Чем ближе дело шло к концу, тем наглее становился Орясин (его литературной фамилии, хоть и утвержденной в паспорте, никто здесь не признавал). Он все чаще являлся в особнячок, теперь уже не робел, ни перед кем не заискивал, и всегда от него попахивало. При казачке неотлучно находился некий юноша, всегда трезвый и очень внимательный. Орясина звал исключительно Гавриилой Федоровичем, никакого панибратства: почтительно и серьезно. «Мой секретарь» – так его представил казачок. Ни имени, ни фамилии – ничего. «Им это не нужно, – говорил Чернышевский, – я этой жандармской сволочи нагляделся. Но и мы ему, вижу, не нужны. Его забота – Орясин, чтоб лишнего не сболтнул. Видите, наш автор тоже под конвоем».

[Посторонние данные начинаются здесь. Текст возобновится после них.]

// The bounds of the keys that begin alike.
use crate::samples::Edge;
use crate::samples::Edge::{In, Open, Out};
use lsm_state::{UserKey, prefix_to_range};
use std::alloc::Global;
use std::ops::Bound;

/// A prefix, and the bounds of the keys that begin so.
const PREFIXES: [(&[u8], Edge, Edge); 7] = [
    (b"abc", In(b"abc"), Out(b"abd")),
    (&[0, 250], In(&[0, 250]), Out(&[0, 251])),
    (&[0, 250, 50], In(&[0, 250, 50]), Out(&[0, 250, 51])),
    (&[0, 255], In(&[0, 255]), Out(&[1])),
    (&[0, 2, 255], In(&[0, 2, 255]), Out(&[0, 3])),
    // Some prefixes have no end.
    (&[], Open, Open),
    (&[255, 255, 255], In(&[255, 255, 255]), Open),
];

fn is_edge(bound: &Bound<UserKey>, edge: &Edge) -> bool {
    match (bound, edge) {
        (Bound::Included(key), Edge::In(bytes)) => key.as_slice() == *bytes,
        (Bound::Excluded(key), Edge::Out(bytes)) => key.as_slice() == *bytes,
        (Bound::Unbounded, Edge::Open) => true,
        _ => false,
    }
}

fn spans(alloc: Global, row: &(&[u8], Edge, Edge)) -> bool {
    match prefix_to_range(alloc, row.0) {
        Ok((low, high)) => is_edge(&low, &row.1) && is_edge(&high, &row.2),
        Err(_) => false,
    }
}

#[test]
fn prefixes_end_before_the_next_byte(rt: HostRuntime) {
    for (place, row) in PREFIXES.iter().enumerate() {
        assert!(rt; spans(rt.alloc(), row), "row {place}");
    }
}
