// What several tests make of rows of data.
use lsm_state::{Error, InternalValue, Memtable, MemtableId, SeqNo, UserKey, ValueType};
use std::alloc::Global;
use std::ops::Bound;

pub type Bounds = (Bound<UserKey>, Bound<UserKey>);

/// All keys.
pub const ALL: Bounds = (Bound::Unbounded, Bound::Unbounded);

/// The number of what an index holds.
pub const INDEX: SeqNo = 9_223_372_036_854_775_808;

/// A key, its value or None for a tombstone, and its number.
pub type Entry = (&'static str, Option<&'static str>, SeqNo);

/// What an index has: a is set and b removed.
pub const OVER_A_B: [Entry; 2] = [("a", Some("o"), INDEX), ("b", None, INDEX)];

/// An end of a range of keys.
pub enum Edge {
    Open,
    /// Included.
    In(&'static [u8]),
    /// Excluded.
    Out(&'static [u8]),
}

/// A key or a value.
pub fn bytes(text: &'static str) -> UserKey {
    UserKey::from_static(text.as_bytes())
}

pub fn item(entry: &Entry) -> InternalValue {
    match entry.1 {
        Some(text) => InternalValue::from_components(
            bytes(entry.0),
            bytes(text),
            entry.2,
            ValueType::Value,
        ),
        None => InternalValue::new_tombstone(bytes(entry.0), entry.2),
    }
}

/// A memtable of these entries.
pub fn filled(alloc: Global, id: MemtableId, entries: &[Entry]) -> Result<Memtable, Error> {
    let mut table = Memtable::new(alloc, id);
    for entry in entries {
        table.insert(item(entry))?;
    }
    Ok(table)
}

/// Adds a memtable. One that memory was refused to is missing then from what is asked of them.
pub fn add(tables: &mut Vec<Memtable>, table: Result<Memtable, Error>) {
    if let Ok(table) = table {
        let _ = tables.push(table);
    }
}

fn bound(edge: &Edge) -> Bound<UserKey> {
    match edge {
        Edge::Open => Bound::Unbounded,
        Edge::In(key) => Bound::Included(UserKey::from_static(*key)),
        Edge::Out(key) => Bound::Excluded(UserKey::from_static(*key)),
    }
}

pub fn bounds(low: &Edge, high: &Edge) -> Bounds {
    (bound(low), bound(high))
}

Казачок держался теперь хозяином, он отпускал антисемитские плоские шуточки, но грозный Штейн с какой-то жалконькой улыбочкой проглатывал. А писателей, усердствующих над его творением, ненавидел уже в открытую. Впрочем, он имел дело с одним Фелициановым – Штейн для общений с казачком избрал именно Георгия Андреевича – человека бесконфликтного и выдержанного.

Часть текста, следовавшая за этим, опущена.